Из ванной комнаты до них доносились причитания и проклятья в адрес его жалкого существования, которое состояло в поисках «смысла жизни»; он шумно решил полностью изменить свое бытие и с приоткрытой дверью, чтобы наверняка услышали, наконец-то выразил в реве свои невыносимые душевные муки: «I’m a sick man, a tired man, a man full of sorrow»[5]. Через полчаса он уже был готов идти, точнее, вести машину, потому что никогда не передвигался пешком. Но Лизе, не предупредив, вызвала такси. Выглядел он отлично: благоухал мылом и одеколоном, глаза тщательно замаскировал очками, надел лучший костюм, предназначенный для министерства иностранных дел и который обычно не носил. Позже он рассказал, что в редакции попросил у секретаря большой бокал коньяка, после чего написал речь (от руки, машинкой он никогда не пользовался) и выступил, почти не подсматривая в записи. На следующий день текст выступления напечатали в газете.
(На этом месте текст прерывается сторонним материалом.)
//! Laws of lookups by a path, and of the outcomes of openings, edits and writes. The contract of each function
//! is a law.
ghost use Rattle.std.specs.Prelude.{◌≡◌, ℕ, List, Option};
ghost use Rattle.gix_object.specs.Bases.{edited_bases};
ghost use Rattle.gix_object.specs.Edits.{IsNoTree, IsNotLookedUp, Opens, removed_dirs, upserted_dirs};
ghost use Rattle.gix_object.specs.Emission.{Emits};
ghost use Rattle.gix_object.specs.Entries.{EntryView, Pair};
ghost use Rattle.gix_object.specs.Files.{Files, Path, Table, Trees};
ghost use Rattle.gix_object.specs.LookedUp.{IsFileIn, IsLookedUp};
ghost use Rattle.gix_object.specs.Lookups.{LeadsTo, Name};
ghost use Rattle.gix_object.specs.Opening.{Dirs};
ghost use Rattle.gix_object.specs.Openings.{AreTreesOf};
ghost use Rattle.gix_object.specs.Stores.{Objects, StoredObject};
ghost use Rattle.gix_object.specs.Tables.{IsTableOfStore};
ghost use Rattle.gix_object.specs.TreeDecoding.{DecodesToTree};
ghost use Rattle.gix_object.specs.WellFormed.{IsWellFormed};
ghost use Rattle.gix_object.specs.hash.hash.kind.Kind.{Kind};
ghost use Rattle.gix_object.specs.hash.hash.object_id.ObjectId.{ObjectId};
ghost use Rattle.gixobj_examples_audits.specs.Outcomes.{AreSameDirs, HaveIdsBy};

use gix_object::laws::{id_equality_is_decidable, tree_decodes_uniquely};

/// A file of a stored tree is found by a lookup of its path, through directories of the store.
///
/// The tree is well-formed, and its files are those of the store's own table. `looked_up_file_exists` is the
/// converse.
pub fn file_is_looked_up()
    ensures { (objects : Objects) (trees : Trees) → AreTreesOf objects trees → (T : Table)
        → IsTableOfStore T trees → (kind : Kind) (bytes : List ℕ) (root : List EntryView)
        → DecodesToTree kind bytes root → IsWellFormed root → (n : ℕ) (names : List Name) (mode : ℕ)
        (id : ObjectId) → Files T n root names mode id → (e : EntryView)
        × IsLookedUp objects kind bytes names e × IsFileIn T e × (e.mode ≡ mode) × (e.id ≡ id) }
{
    id_equality_is_decidable();
}

/// A path leads to at most one entry.
pub fn path_leads_to_one_entry()
    ensures { (objects : Objects) (first : Option StoredObject) (names : List Name)
        (e other : EntryView) → LeadsTo objects first names e → LeadsTo objects first names other
        → e ≡ other }
{
    tree_decodes_uniquely();
}

/// Writes of the same open directories with the same bases emit the same trees, if ids are a function of the
/// trees, as digests are. They leave out as many unchanged directories.
pub fn write_has_one_outcome()
    ensures { (id_by : List EntryView → ObjectId) (dirs others bases its : Dirs) (saved saved' : ℕ)
        (pairs pairs' : List Pair) → AreSameDirs dirs others → AreSameDirs bases its
        → HaveIdsBy id_by pairs → HaveIdsBy id_by pairs' → Emits dirs bases saved pairs
        → Emits others its saved' pairs' → (pairs ≡ pairs') × (saved ≡ saved') }
{}

/// Openings of a path in the same open directories open the same directories, and look up the same ids.
///
/// - `openings`: before an edit; they end before an entry that isn't a directory's.
/// - `leaf_openings`: before the removal of a leaf; they also end before ids that are never looked up.
pub fn opening_has_one_outcome()
    ensures openings { (trees : Trees) (path : Path) (dirs others new new' : Dirs)
        (looked_up looked_up' : List ObjectId) → AreSameDirs dirs others
        → Opens IsNoTree trees path dirs new looked_up → Opens IsNoTree trees path others new' looked_up'
        → AreSameDirs new new' × (looked_up ≡ looked_up') }
    ensures leaf_openings { (trees : Trees) (path : Path) (dirs others new new' : Dirs)
        (looked_up looked_up' : List ObjectId) → AreSameDirs dirs others
        → Opens IsNotLookedUp trees path dirs new looked_up
        → Opens IsNotLookedUp trees path others new' looked_up'
        → AreSameDirs new new' × (looked_up ≡ looked_up') }
{}

/// Upserts in the same open directories leave the same directories and bases, and so do removals.
pub fn edit_has_one_outcome()
    ensures upsert { (path : Path) (mode : ℕ) (id null : ObjectId) (dirs others bases its : Dirs)
        → AreSameDirs dirs others → AreSameDirs bases its
        → AreSameDirs (upserted_dirs path mode id null dirs) (upserted_dirs path mode id null others)
        × AreSameDirs (edited_bases dirs (upserted_dirs path mode id null dirs) bases)
        (edited_bases others (upserted_dirs path mode id null others) its) }
    ensures removal { (path : Path) (dirs others bases its : Dirs)
        → AreSameDirs dirs others → AreSameDirs bases its
        → AreSameDirs (removed_dirs path dirs) (removed_dirs path others)
        × AreSameDirs (edited_bases dirs (removed_dirs path dirs) bases)
        (edited_bases others (removed_dirs path others) its) }
{}
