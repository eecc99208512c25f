//! Audits of runs and imports: what they changed, and what their stores have then; of two stores, whether their
//! roots have the same files. Each is proved by public contracts, laws and lemmas.
#![tactic(auto)]

pub mod canonical;
pub mod imports;
pub mod laws;
pub mod mirrors;
pub mod runs;
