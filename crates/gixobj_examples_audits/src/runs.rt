//! Runs of commands on a stored root, and the changes that they make.
ghost use Rattle.std.specs.Prelude.{◌≡◌, ℕ, IfErr, IfOk, IsFalse};
ghost use Rattle.std.specs.Fn.{FnReturnsAt};
ghost use Rattle.gix_object.specs.Bases.{HasBases};
ghost use Rattle.gix_object.specs.Commands.{accepted_steps, kept_pairs};
ghost use Rattle.gix_object.specs.Files.{NamedFiles, SameFiles, Table, is_null};
ghost use Rattle.gix_object.specs.History.{FilesAfter};
ghost use Rattle.gix_object.specs.Keeping.{with_trees};
ghost use Rattle.gix_object.specs.Replies.{IsCallable, IsRun};
ghost use Rattle.gix_object.specs.RunTables.{AgreesWithRun};
ghost use Rattle.gix_object.specs.State.{EditorFiles, open_bases, open_dirs};
ghost use Rattle.gix_object.specs.Stores.{store_model};
ghost use Rattle.gixobj_listings.specs.Changes.{AreChangesInOrder};
ghost use Rattle.gixobj_examples_audits.specs.Runs.{HasNoWrite, IsChangedByRun, IsReopenError, IsReopened, IsRunError};
ghost use Rattle.gixobj_examples_audits.specs.Runs.{and_reply, and_write};

use gix_object::hash::ObjectId;
use gix_object::laws::{run_table_agrees_with_writes, store_has_tree_map};
use gix_object::tree::editor::{Command, Edit, EditReply, Editor, Reply, WriteError, Written, run};
use gix_object::{Keep, KeepError, OutOfMemory, Tree};
use gixobj_listings::differences::{Change, changes};
use gixobj_listings::laws::{stored_root_has_files, tree_changes_are_step_changes};
use gixobj_listings::listing::ListError;
use gixobj_listings::roots::{RootError, root_in};
use std::alloc::Global;
use std::fmt::Display;

/// What a run made of a stored root. [`changes_of_run`] returns it.
#[derive(Debug, Drop)]
pub struct RunChanges<E> {
    /// The replies to the commands, one each.
    pub replies: Vec<Reply<E>>,
    /// The result of the write after the commands.
    pub written: Written,
    /// The changes from the stored root to the written one, in the order of their paths.
    pub changes: Vec<Change>,
}

/// The error of [`changes_of_run`] and of [`run_and_reopen`].
#[derive(Debug, Drop, thiserror::Error)]
#[error_bound(E: Display)]
pub enum RunError<E> {
    /// The root isn't found, or is invalid.
    #[error("no root: {0}")]
    Root(RootError),
    /// The commands are done, but the write failed.
    #[error("not written: {0}")]
    Write(WriteError<E>),
    /// The commands are done and written, but the store didn't keep all emitted trees.
    #[error("not kept: {error}")]
    NotKept {
        /// The result of the write.
        written: Written,
        /// The number of emitted trees that the store has kept, in order.
        count: usize,
        /// Why it didn't keep the next one.
        error: KeepError,
    },
    /// The roots aren't compared, for this cause.
    #[error("not compared: {0}")]
    Changes(ListError),
    /// Allocation of the commands or of their replies failed. No command was done.
    #[error("out of memory")]
    OutOfMemory,
}

impl<E> From<OutOfMemory> for RunError<E> {
    ghost use Rattle.std.specs.Prelude.{◌≡◌};
    ghost use Rattle.gixobj_examples_audits.specs.declared.runs.RunError.TheVariants as run;

    ghost from_gives = { λ _ error. error ≡ run.OutOfMemory };

    fn from(_: OutOfMemory) -> RunError<E> {
        RunError::OutOfMemory
    }
}

/// Runs commands on an editor of a stored root, writes, and lists the changes between the two roots
/// (git-diff-tree, `-r`).
///
/// The changes are exactly those that the accepted commands make of the root's files, to every depth from
/// `depth` on. This holds in each table that agrees with the run, if the root's id isn't null.
///
/// `out` must be callable on every well-formed tree without null ids. Allocates the root, the commands and
/// their replies, and as [`run`] and [`changes`]; drops the store at the end.
///
/// # Errors
///
/// - [`RunError::Root`] with the error of [`root_in`], if the root isn't found, or is invalid;
/// - [`RunError::Write`] with the error of the write, if it fails;
/// - [`RunError::NotKept`] with result, count and error, if the store doesn't keep all emitted trees;
/// - [`RunError::Changes`] with the error of [`changes`], if the roots aren't compared;
/// - [`RunError::OutOfMemory`] if allocation of the commands or of the list of their replies fails.
pub fn changes_of_run<S: Keep + Drop, E: Drop, F: Fn(&Tree) -> Result<ObjectId, E> + Drop>(
    alloc: Global,
    store: S,
    root: ObjectId,
    commands: Vec<Command>,
    depth: u32,
    out: F,
) -> Result<RunChanges<E>, RunError<E>>
    requires callable { IsCallable F.pre out }
    ensures changed { IfOk result (IsChangedByRun (store_model S.objects S.may_fail)
        (FnReturnsAt F.Fn out) store root commands.items depth) }
    ensures ordered { IfOk result (λ it. AreChangesInOrder it.changes.items) }
    ensures error { IfErr result (IsRunError (store_model S.objects S.may_fail)
        (FnReturnsAt F.Fn out)
        store root commands.items depth) }
{
    store_has_tree_map();
    stored_root_has_files();
    tree_changes_are_step_changes();
    let tree = match root_in(alloc, &store, root) {
        Ok(tree) => tree,
        Err(error) => return Err(RunError::Root(error)),
    };
    let mut editor = Editor::new(tree, store, root.kind());
    let (replies, written) = match run_and_write(alloc, &mut editor, commands, out) {
        Ok(it) => it,
        Err(error) => return Err(error),
    };
    match changes(alloc, editor.store_mut(), root, written.id, depth) {
        Ok(changes) => Ok(RunChanges {
            replies,
            written,
            changes,
        }),
        Err(error) => Err(RunError::Changes(error)),
    }
}

/// Runs commands on an editor, writes, and makes the written root, as the store has it then, the root of the
/// editor. Returns the replies to the commands, and the result of the write.
///
/// The editor has exactly the files that the accepted commands make of its files before. This holds in each
/// table that agrees with the run and has the bases of the open directories. Its root alone is open.
///
/// `out` must be callable on every well-formed tree without null ids. Allocates the commands and their
/// replies, the root, and as [`run`].
///
/// # Errors
///
/// - [`RunError::Write`] with the error of the write, if it fails;
/// - [`RunError::NotKept`] with result, count and error, if the store doesn't keep all emitted trees;
/// - [`RunError::Root`] with the error of [`root_in`], if the store doesn't have the written root;
/// - [`RunError::OutOfMemory`] if allocation of the commands or of the list of their replies fails.
pub fn run_and_reopen<S: Keep, E: Drop, F: Fn(&Tree) -> Result<ObjectId, E> + Drop>(
    alloc: Global,
    editor: &mut Editor<S>,
    commands: Vec<Command>,
    out: F,
) -> Result<(Vec<Reply<E>>, Written), RunError<E>>
    requires callable { IsCallable F.pre out }
    ensures reopened { IfOk result (λ it. IsReopened (store_model S.objects S.may_fail)
        (FnReturnsAt F.Fn out) editor.old commands.items it.0.items it.1 editor.new) }
    ensures error { IfErr result (λ error. IsReopenError (store_model S.objects S.may_fail)
        (FnReturnsAt F.Fn out) editor.old commands.items error editor.new) }
{
    store_has_tree_map();
    stored_root_has_files();
    let (replies, written) = match run_and_write(alloc, editor, commands, out) {
        Ok(it) => it,
        Err(error) => return Err(error),
    };
    let root = match root_in(alloc, editor.store_mut(), written.id) {
        Ok(root) => root,
        Err(error) => return Err(RunError::Root(error)),
    };
    editor.set_root(root);
    Ok((replies, written))
}

/// Runs the commands and then writes the root. Returns the replies to the commands, and the result of the
/// write.
fn run_and_write<S: Keep, E: Drop, F: Fn(&Tree) -> Result<ObjectId, E> + Drop>(
    alloc: Global,
    editor: &mut Editor<S>,
    commands: Vec<Command>,
    out: F,
) -> Result<(Vec<Reply<E>>, Written), RunError<E>>
    requires callable { IsCallable F.pre out }
    ensures run { IfOk result (λ it. IsRun (store_model S.objects S.may_fail) (FnReturnsAt F.Fn out)
        editor.old (and_write commands.items) (and_reply it.0.items (EditReply.Written it.1))
        editor.new) }
    ensures files { IfOk result (λ it. (T : Table) (n : ℕ)
        → AgreesWithRun T (S.objects editor.old.store) (and_reply it.0.items (EditReply.Written it.1))
        → HasBases T (open_dirs editor.old) (open_bases editor.old)
        → SameFiles (NamedFiles T n it.1.id)
        (FilesAfter T n (accepted_steps commands.items it.0.items) (EditorFiles T n editor.old))) }
    ensures filled { IfOk result (λ it. (T : Table)
        → AgreesWithRun T (S.objects editor.old.store) (and_reply it.0.items (EditReply.Written it.1))
        → IsFalse (is_null it.1.id)) }
    ensures stored { IfOk result (λ it. S.objects editor.new.store
        ≡ with_trees (kept_pairs (and_reply it.0.items (EditReply.Written it.1)))
        (S.objects editor.old.store)) }
    ensures error { IfErr result (λ error. HasNoWrite (store_model S.objects S.may_fail)
        (FnReturnsAt F.Fn out) editor.old commands.items error editor.new) }
{
    let commands = commands_and_write(commands)?;
    let mut replies = run(alloc, editor, commands, out)?;
    run_table_agrees_with_writes(&replies);
    let Some(last) = replies.pop() else {
        unreachable!()
    };
    let Reply::Edit(reply) = last else {
        unreachable!()
    };
    match reply {
        EditReply::Done => unreachable!(),
        EditReply::Refused(_) => unreachable!(),
        EditReply::Written(written) => Ok((replies, written)),
        EditReply::WriteRefused(error) => Err(RunError::Write(error)),
        EditReply::NotKept(written, count, error) => Err(RunError::NotKept {
            written,
            count,
            error,
        }),
    }
}

/// Appends a write of the root to the commands.
fn commands_and_write(commands: Vec<Command>) -> Result<Vec<Command>, OutOfMemory>
    ensures { IfOk result (λ all. all.items ≡ and_write commands.items) }
{
    let mut commands = commands;
    commands.push(Command::Edit(Edit::Write))?;
    Ok(commands)
}
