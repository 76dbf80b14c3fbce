use std::alloc::{AllocError, Global};

// The two rows of the one-switch station: by the switch normal to signal 1, and by the switch reverse to signal 2.
pub const STRAIGHT_ON: [u8; 8] = [3, 0, 0, 0, 13, 0, 4, 0];

pub const BY_THE_BRANCH: [u8; 8] = [3, 0, 0, 0, 14, 0, 8, 0];

// Tracks side by side, from signal 2k to signal 2k + 1, nine of them.
pub const TRACKS: u8 = 9;

pub fn tracks(heap: Global) -> Result<Vec<u8>, AllocError> {
    let mut file = Vec::new(heap);
    file.extend_from_slice(&[2 * TRACKS, 0])?;
    for k in 0..TRACKS {
        file.extend_from_slice(&[255, 255, 8 * k + 4, 0, 69])?;
        file.extend_from_slice(&[8 * k + 1, 0, 255, 255, 69])?;
    }
    file.extend_from_slice(&[0, 0, 0, 0, 0, 0])?;
    Ok(file)
}

// The row of the k-th track.
pub fn track(heap: Global, k: u8) -> Result<Vec<u8>, AllocError> {
    let start = k.saturating_mul(8);
    [2, 0, start, 0, start.saturating_add(4), 0].to_vec(heap)
}
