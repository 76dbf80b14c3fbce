// Two days at a signal box: every call with its answer, held to a text that was worked out by hand from the rules.
#![tactic(auto)]

mod days;
mod plans;

use days::print_days;

fn main(rt: HostRuntime) -> anyhow::Result<()> {
    let mut pool = Vec::new(rt.alloc());
    let printed = print_days(&rt, &mut pool);
    pool.destroy_empty();
    printed
}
Пересказывая такие истории, почти легенды, серьезному Курту, они воспроизводили события, сопровождая слова пародийными движениями всего тела. Вскакивали и снова усаживались, метались по полу, рыдали, но без слез, и ревели как безумные, излучали счастье, которое, казалось, навечно пребудет в их жизни. При этом они прекрасно понимали, что не стоит слишком часто вытворять подобное с третьим человеком в качестве слушателя. Они напомнили ему — отчасти обижая, хотя и намеренно, отчасти умиляя, — о своей способности получать удовольствие от абсурдных ситуаций. Им без слов удалось указать Курту его место — где-то за пределами их мира. Курт тут же, раздувая ноздри, начал медленно сжимать кулаки, и они сразу прекратили. Мальчик исчез так юрко, словно провалился сквозь отверстие в полу, и Лизе любезно извинилась, произнеся: «Это, конечно, сплошное безумие, но одновременно впечатляет, правда?» До сих пор она тактично, но уверенно избегала любого физического прикосновения к нему, но когда вечером после ухода Веры он нерешительно заглянул в гостиную, она подскочила и схватила его за руки с тем же сиянием в глазах, как в былые времена, когда Вильхельм возвращался домой.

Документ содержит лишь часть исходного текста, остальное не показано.